Pasado un siglo, en la edificación rectangular que formaba toda una manzana haciendo frente a la iglesia-convento de San Francisco de Asís, el Regidor y alférez real Lic. Tomás Pio Betancourt y Sánchez-Pereira reuniría en su biblioteca centenares de volúmenes entre los que se hallaban dispuestos a la lectura de los de la familia Agramonte Sánchez, por sus dos esposas de esa familia, y las de la rama de los propios Betancourt y Sánchez, y de parientes: Obras de Helvecio, Arte de hablar bien, Curso de filosofía, Cartas familiares de Montesquieu, Constituciones de América, Obras filosóficas y políticas de Hobbes, Manual de jugadores de ajedrez, Revolución francesa, Fabulas de Samaniego, Obras de Garcilaso, Educación popular, Poesías de Horacio…

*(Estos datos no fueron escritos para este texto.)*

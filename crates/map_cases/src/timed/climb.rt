//! Computes so many heights of drawn places on a tile, steps of a buffer and coverings of drawn
//! labels, and prints what came of them.
ghost use Rattle.elev_buffer.specs.Covers.{IsPair};

use crate::timed::words::number_at;
use elev_buffer::{Limits, Mode, Modes, Pair, covers, step};
use geo_int::Spot;
use hgt_tiles::{Tile, TileError, Tiles};
use std::alloc::{AllocError, Global};
use std::io;

/// Samples in a row of the tile, and rows.
const SIDE: u16 = 1201;

/// The number after this one in a sequence that looks drawn.
fn drawn(number: u32) -> u32 {
    number.wrapping_mul(1_664_525).wrapping_add(1_013_904_223)
}

/// The bytes of a tile that rises and falls.
fn tile_bytes(alloc: Global) -> Result<Vec<u8>, AllocError> {
    let mut bytes = Vec::new(alloc);
    for row in 0..SIDE {
        push_row(&mut bytes, row)?;
    }
    Ok(bytes)
}

/// Writes a row of samples, from 0 to 1,399 m.
fn push_row(bytes: &mut Vec<u8>, row: u16) -> Result<(), AllocError> {
    for column in 0..SIDE {
        let sample = row % 700 + column % 701;
        bytes.extend_from_slice(sample.to_be_bytes().as_slice())?;
    }
    Ok(())
}

/// The tile of these bytes.
fn tiles_of(alloc: Global, bytes: &[u8]) -> Result<Tiles, TileError> {
    let mut tiles = Tiles::new(alloc);
    tiles.add(Tile::read(alloc, b"N47E008.hgt".as_slice(), bytes)?)?;
    Ok(tiles)
}

/// The tile that rises and falls.
fn tile(alloc: Global) -> Result<Tiles, TileError> {
    let bytes = tile_bytes(alloc)?;
    tiles_of(alloc, &bytes)
}

/// The tile's heights in micrometres at so many drawn places, summed up.
fn heights(tiles: &Tiles, count: u64) -> u64 {
    let mut number = 1;
    let mut sum = 0u64;
    for _ in 0..count {
        let lon = drawn(number);
        number = drawn(lon);
        let spot = Spot::new(
            8_000_000 + (lon >> 8) as i64 % 1_000_000,
            47_000_000 + (number >> 8) as i64 % 1_000_000,
        );
        if let Some(height) = spot.and_then(|spot| tiles.height(spot)) {
            sum = sum.wrapping_add(height.unsigned_abs());
        }
    }
    sum
}

/// What a buffer pays in so many drawn steps, in micrometres.
fn steps(count: u64) -> u64 {
    let limits = Limits {
        penalty: 5_000_000,
        most: 10_000_000,
    };
    let mut number = 1;
    let mut buffer = 0;
    let mut sum = 0u64;
    'steps: for _ in 0..count {
        number = drawn(number);
        let added = (number >> 8) as i64 % 4_000_001 - 1_500_000;
        let stepped = step(buffer, added, 1_000_000, &limits);
        buffer = stepped.e;
        sum = sum.wrapping_add(stepped.paid.unsigned_abs());
    }
    sum
}

/// Buffers of up to 10 m, as a number draws them.
fn pair_of(number: u32) -> Pair
    ensures sound { IsPair result }
{
    Pair {
        down: (number >> 16) as i64 * 150,
        up: (number >> 8) as i64 % 65_536 * 150,
    }
}

/// How many of so many drawn labels make another needless.
fn coverings(count: u64) -> u64 {
    let modes = Modes {
        down: Mode::Compensated,
        up: Mode::Compensated,
    };
    let mut number = 1;
    let mut covered = 0u64;
    for _ in 0..count {
        let first = drawn(number);
        number = drawn(first);
        let cost = (number >> 4) as u128;
        if covers(
            &pair_of(first),
            100_000_000,
            &pair_of(number),
            cost,
            60,
            80,
            &modes,
        ) {
            covered = covered.wrapping_add(1);
        }
    }
    covered
}

/// Computes as many of each kind as the words say, and prints what came of them.
pub(crate) fn run(rt: &HostRuntime, words: &[String]) -> io::Result<()> {
    let points = number_at(words, 0, 1000);
    let moves = number_at(words, 1, 1000);
    let pairs = number_at(words, 2, 1000);
    let Ok(tiles) = tile(rt.alloc()) else {
        return println!(rt; "no tile");
    };
    let sum = heights(&tiles, points);
    let paid = steps(moves);
    let covered = coverings(pairs);
    println!(rt;
        "{points} heights of {sum}, {moves} steps paid {paid}, {covered} of {pairs} covered"
    )
}
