//! Nodes that are drawn by a number.

ghost use Rattle.std.specs.Prelude.{◌<◌, IfSome, length};

use cost_model::{FactsOf, is_passable};
use overpass_graph::Map;
use way_class::Bound;

/// Numbers made from the one before.
#[derive(Drop)]
pub(crate) struct Draws {
    state: u64,
}

impl Draws {
    /// The numbers made from this one.
    pub(crate) fn new(seed: u64) -> Draws {
        Draws { state: seed }
    }

    /// The next number.
    fn next(&mut self) -> u32 {
        self.state = self
            .state
            .wrapping_mul(6364136223846793005)
            .wrapping_add(1442695040888963407);
        (self.state >> 32) as u32
    }

    /// The next node that an open link leaves, from a drawn one on; none where no node has one.
    pub(crate) fn node(&mut self, map: &Map, bound: &Bound) -> Option<u32>
        ensures node { IfSome result (λ node. node < length map.now.nodes) }
    {
        let nodes = map.nodes();
        if nodes == 0 {
            return None;
        }
        let first = self.next();
        'nodes: for step in 0..nodes {
            let node = first.wrapping_add(step) % nodes;
            if has_open_link(map, bound, node) {
                return Some(node);
            }
        }
        None
    }
}

/// Whether a link that a bound profile permits leaves a node.
fn has_open_link(map: &Map, bound: &Bound, node: u32) -> bool
    requires node { node < length map.now.nodes }
{
    'links: for &link in map.out_links(node) {
        if link < bound.count() && is_passable(&bound.facts(link)) {
            return true;
        }
    }
    false
}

En tanto, en la calle de la Reina, a la librería “La historia”, por esa época acudían los jóvenes en busca de El Conde de Montecristo, Vida cristiana, Ben Hur, Historia de Egipto, Los Tres Mosqueteros de Dumas… No era simple “afición”. Por su parte, la Diputación Económica de Puerto Príncipe había centrado su empeño en enriquecer la Ilustración de la sociedad criolla principeña. El mismo propósito intencionó la Real Audiencia entre sus letrados. El Liceo y la Sociedad Popular no quedaron a la saga en la promoción de la lectura.

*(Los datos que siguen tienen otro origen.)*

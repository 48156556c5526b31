//! The profile for trekking, bound to a map as often as a word says, or once for searches between
//! so many pairs of its nodes.

ghost use Rattle.way_class.specs.Parts.{HasTags};

use crate::timed::ground::Ground;
use crate::timed::plan::{Plan, Task, plan_of};
use crate::timed::tiles::tiles_at;
use crate::timed::words::small_at;
use case_inputs::{LOOK, TREK, code_with, table_of};
use context_check::Overrides;
use cost_model::{FactsOf, Rates};
use fixed_num::Num;
use hgt_tiles::Tiles;
use item_list::Items;
use lookup_table::Table;
use overpass_graph::Map;
use profile_code::Code;
use std::alloc::{AllocError, Global};
use std::io;
use way_class::{Bound, bind};

/// How many links a bound profile permits by their factor.
fn open_links(bound: &Bound) -> u64 {
    let mut count = 0u64;
    'links: for link in 0..bound.count() {
        if bound.facts(link).costfactor < 10_000_000_000 {
            count = count.wrapping_add(1);
        }
    }
    count
}

/// Searches over a map by a bound profile.
fn search_bound(rt: &HostRuntime, map: &Map, bound: &Bound, plan: Plan) -> io::Result<()> {
    let rates = match Rates::new(&bound.globals()) {
        Ok(rates) => rates,
        Err(_) => return println!(rt; "the profile has no rates"),
    };
    println!(rt; "{} nodes, {} links", map.nodes(), map.links())?;
    match Ground::new(rt, map, bound, &rates)? {
        Some(ground) => ground.search_pairs(rt, plan),
        None => println!(rt; "the profile is bound to another map"),
    }
}

/// Does the task with a profile that is bound to a map.
fn do_bound(rt: &HostRuntime, map: &Map, bound: &Bound, task: Task) -> io::Result<()> {
    match task {
        Task::Bind { .. } => { println!(rt; "{} links, {} open", bound.count(), open_links(bound)) }
        Task::Search { plan } => search_bound(rt, map, bound, plan),
    }
}

/// Binds the code of a profile to a map, and does the task with it.
fn do_once(
    rt: &HostRuntime,
    code: &Code,
    table: &Table,
    map: &Map,
    tiles: &Tiles,
    task: Task,
) -> io::Result<()>
    requires fits { HasTags code.now table.now }
{
    match bind(rt.alloc(), code, table, map, tiles) {
        Ok(bound) => do_bound(rt, map, &bound, task),
        Err(_) => println!(rt; "the profile is not bound"),
    }
}

/// Does the task with the code of a profile, as often as it asks.
fn do_often(
    rt: &HostRuntime,
    code: &Code,
    table: &Table,
    map: &Map,
    tiles: &Tiles,
    task: Task,
) -> io::Result<()>
    requires fits { HasTags code.now table.now }
{
    'times: for _ in 0..task.times() {
        do_once(rt, code, table, map, tiles, task)?;
    }
    Ok(())
}

/// The overrides by which the profile for trekking counts heights or leaves them out.
fn overrides(alloc: Global, hilly: bool) -> Result<Overrides, AllocError> {
    let mut overrides = Overrides::new(alloc);
    if !hilly && let Some(number) = Num::of(0) {
        let name = Items::from_vec(Vec::from_slice(alloc, b"consider_elevation")?);
        overrides.push((name, number))?;
    }
    Ok(overrides)
}

/// Does the task with the profile for trekking under these overrides.
fn do_overridden(
    rt: &HostRuntime,
    table: &Table,
    map: &Map,
    tiles: &Tiles,
    overrides: &Overrides,
    task: Task,
) -> io::Result<()> {
    match code_with(rt.alloc(), table, TREK.as_bytes(), overrides) {
        Some(code) => do_often(rt, &code, table, map, tiles, task),
        None => println!(rt; "the profile is refused"),
    }
}

/// Does the task with the profile for trekking under a table.
fn do_under(
    rt: &HostRuntime,
    table: &Table,
    map: &Map,
    tiles: &Tiles,
    task: Task,
) -> io::Result<()> {
    let overrides = overrides(rt.alloc(), task.is_hilly())?;
    do_overridden(rt, table, map, tiles, &overrides, task)
}

/// Does the task with the profile for trekking on a map with tiles.
fn do_on(rt: &HostRuntime, map: &Map, tiles: &Tiles, task: Task) -> io::Result<()> {
    match table_of(rt.alloc(), LOOK.as_bytes()) {
        Some(table) => do_under(rt, &table, map, tiles, task),
        None => println!(rt; "the table is refused"),
    }
}

/// Binds the profile to a map as often as the first word says, with the tile of the second, or one
/// that slopes.
pub(crate) fn bind_often(rt: &HostRuntime, map: &Map, words: &[String]) -> io::Result<()> {
    let times = small_at(words, 0, 1);
    let tiles = tiles_at(rt, words, 1, b"bank")?;
    do_on(rt, map, &tiles, Task::Bind { times })
}

/// Searches over a map by the profile as the first four words say, with the tile of the fifth, or
/// none.
pub(crate) fn search(rt: &HostRuntime, map: &Map, words: &[String]) -> io::Result<()> {
    let plan = plan_of(words);
    let tiles = tiles_at(rt, words, 4, b"none")?;
    do_on(rt, map, &tiles, Task::Search { plan })
}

Haciendo frente a la Iglesia Mayor, en la casa de don Pedro del Castillo y del Castillo, su hija Aurelia reunía a jóvenes de su tiempo para la lectura de obras de poetas románticos. Aquí se recitaba del matancero José Jacinto Milanés, de Gabriel de la Concepción Valdés, Plácido; y el emotivo Himno del desterrado, y Oda al Niágara, del poeta lírico santiaguero José María Heredia; también obras del romántico español José de Espronceda. Era variada la literatura que se leía. De obras de la Edad Media y del Renacimiento español. De esos textos se iluminarían las mentalidades criollas y se reforzaría la identidad de la “Ilustración” para hacer cambiar la sociedad colonial.

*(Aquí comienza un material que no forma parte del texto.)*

//! What is searched over.

ghost use Rattle.std.specs.Prelude.{◌≡◌, ◌<◌, length};
ghost use Rattle.cost_model.specs.Modes.{modes_of};
ghost use Rattle.way_class.specs.Links.{links_of};

use crate::timed::draws::Draws;
use crate::timed::plan::Plan;
use crate::timed::searching::{Ended, settle, word_of};
use bike_space::{BikeSpace, LegAsk};
use cost_model::{FactsOf, PricedMap, Rates, modes};
use elev_buffer::Modes;
use junction_runs::RunSpace;
use overpass_graph::Map;
use space_search::Outcome;
use std::alloc::AllocError;
use std::io;
use way_class::Bound;

/// How many labels one turn settles at most.
const QUOTA: u32 = 1048576;

/// A map, the profile that is bound to it, and marks for links of which none is set.
#[derive(Drop)]
pub(crate) struct Ground<'a> {
    map: &'a Map,
    bound: &'a Bound,
    rates: &'a Rates,
    modes: Modes,
    unmarked: Vec<bool>,
    ghost counted: { (links_of bound.now).count ≡ length map.now.links },
    ghost modes_are: { modes ≡ modes_of (links_of bound.now) },
    ghost marked: { length unmarked.items ≡ length map.now.links },
}

/// What the searches answered in all.
#[derive(Drop)]
struct Totals {
    searches: u32,
    found: u32,
    ranks: u128,
    labels: u64,
}

impl Totals {
    /// Counts a search in.
    fn add(&mut self, ended: &Ended) {
        self.searches = self.searches.wrapping_add(1);
        self.labels = self.labels.wrapping_add(ended.labels as u64);
        if matches!(ended.last, Outcome::Found(_)) {
            self.found = self.found.wrapping_add(1);
            self.ranks = self.ranks.wrapping_add(ended.rank);
        }
    }
}

impl<'a> Ground<'a> {
    /// The ground of a profile that is bound to a map; none where it isn't bound to this one.
    pub(crate) fn new(
        rt: &HostRuntime,
        map: &'a Map,
        bound: &'a Bound,
        rates: &'a Rates,
    ) -> Result<Option<Ground<'a>>, AllocError> {
        let unmarked = vec![in rt.alloc(); false; map.links() as usize]?;
        if bound.count() != map.links() || unmarked.len() != map.links() as usize {
            return Ok(None);
        }
        let modes = modes(bound);
        Ok(Some(Ground {
            map,
            bound,
            rates,
            modes,
            unmarked,
        }))
    }

    /// How a search over this space ends, from junction to junction or from link to link.
    fn settle(
        &self,
        rt: &HostRuntime,
        space: &BikeSpace<PricedMap<'a, Bound>>,
        plan: Plan,
    ) -> Result<Ended, AllocError> {
        if plan.by_runs {
            settle(
                rt.alloc(),
                &RunSpace::new(space),
                &mut (),
                QUOTA,
                plan.limit,
            )
        } else {
            settle(rt.alloc(), space, &mut (), QUOTA, plan.limit)
        }
    }

    /// How a search between two nodes ends.
    fn search(&self, rt: &HostRuntime, from: u32, to: u32, plan: Plan) -> Result<Ended, AllocError>
        requires from { from < length self.now.map.now.nodes }
        requires to { to < length self.now.map.now.nodes }
    {
        let marks = self.unmarked.as_slice();
        let terrain = PricedMap::new(self.map, self.bound, self.rates, self.modes);
        let ask = LegAsk {
            cut: marks,
            used: marks,
            start: from,
            target: to,
            turns: true,
        };
        let space = BikeSpace::new(rt.alloc(), terrain, &ask, None)?;
        self.settle(rt, &space, plan)
    }

    /// Searches between two nodes, and prints where they lie, the answer and how many labels it
    /// took.
    fn tell(
        &self,
        rt: &HostRuntime,
        from: u32,
        to: u32,
        plan: Plan,
        totals: &mut Totals,
    ) -> io::Result<()>
        requires from { from < length self.now.map.now.nodes }
        requires to { to < length self.now.map.now.nodes }
    {
        let ended = self.search(rt, from, to, plan)?;
        totals.add(&ended);
        let (start, end) = (self.map.node_spot(from), self.map.node_spot(to));
        print!(rt;
            "{},{} {},{} {} labels, ",
            start.lon(),
            start.lat(),
            end.lon(),
            end.lat(),
            ended.labels
        )?;
        tell_answer(rt, &ended)
    }

    /// Searches between as many pairs of drawn nodes as planned, and prints each and their totals.
    pub(crate) fn search_pairs(&self, rt: &HostRuntime, plan: Plan) -> io::Result<()> {
        let mut draws = Draws::new(13);
        let mut totals = Totals {
            searches: 0,
            found: 0,
            ranks: 0,
            labels: 0,
        };
        for _ in 0..plan.searches {
            if let Some(from) = draws.node(self.map, self.bound)
                && let Some(to) = draws.node(self.map, self.bound)
            {
                self.tell(rt, from, to, plan, &mut totals)?;
            }
        }
        println!(rt;
            "{} searches, {} found, ranks {}, {} labels",
            totals.searches, totals.found, totals.ranks, totals.labels
        )
    }
}

/// Prints what a search answered.
fn tell_answer(rt: &HostRuntime, ended: &Ended) -> io::Result<()> {
    match ended.last {
        Outcome::Found(_) => println!(rt; "Found {{ rank: {} }}", ended.rank),
        last => println!(rt; "{}", word_of(last)),
    }
}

Feria del Libro en Camagüey
Fue del miércoles 25 al sábado 28 de febrero de 1943 la ocurrencia de la Primera Feria Provincial del Libro en Camagüey, que tuvo por escenario el Parque Ignacio Agramonte. La librería Lavernia, la Cultural S. A. y libreros de la urbe vieron la oportunidad de colocar quioscos adornados de banderitas en la Calle de la Mayor, que hacía costado a la Iglesia Catedral, y en las esquinas de la antigua Plaza de Armas.
Fue exitosa la festividad del libro. De todos los barrios acudieron niños y adultos a adquirir los títulos de su elección. En retretas nocturnas amenizaban las compras las interpretaciones musicales de la Banda Municipal. ¡Qué ironía!: en la misma plaza donde los españoles cegaron la vida de los seguidores del negro libre ilustrado José Antonio Aponte, en 1812; y a Frasquito Agüero, en marzo de 1826. Agüero, que habría leído cartas de Bolívar. Con todo, la cultura superaba a la barbarie.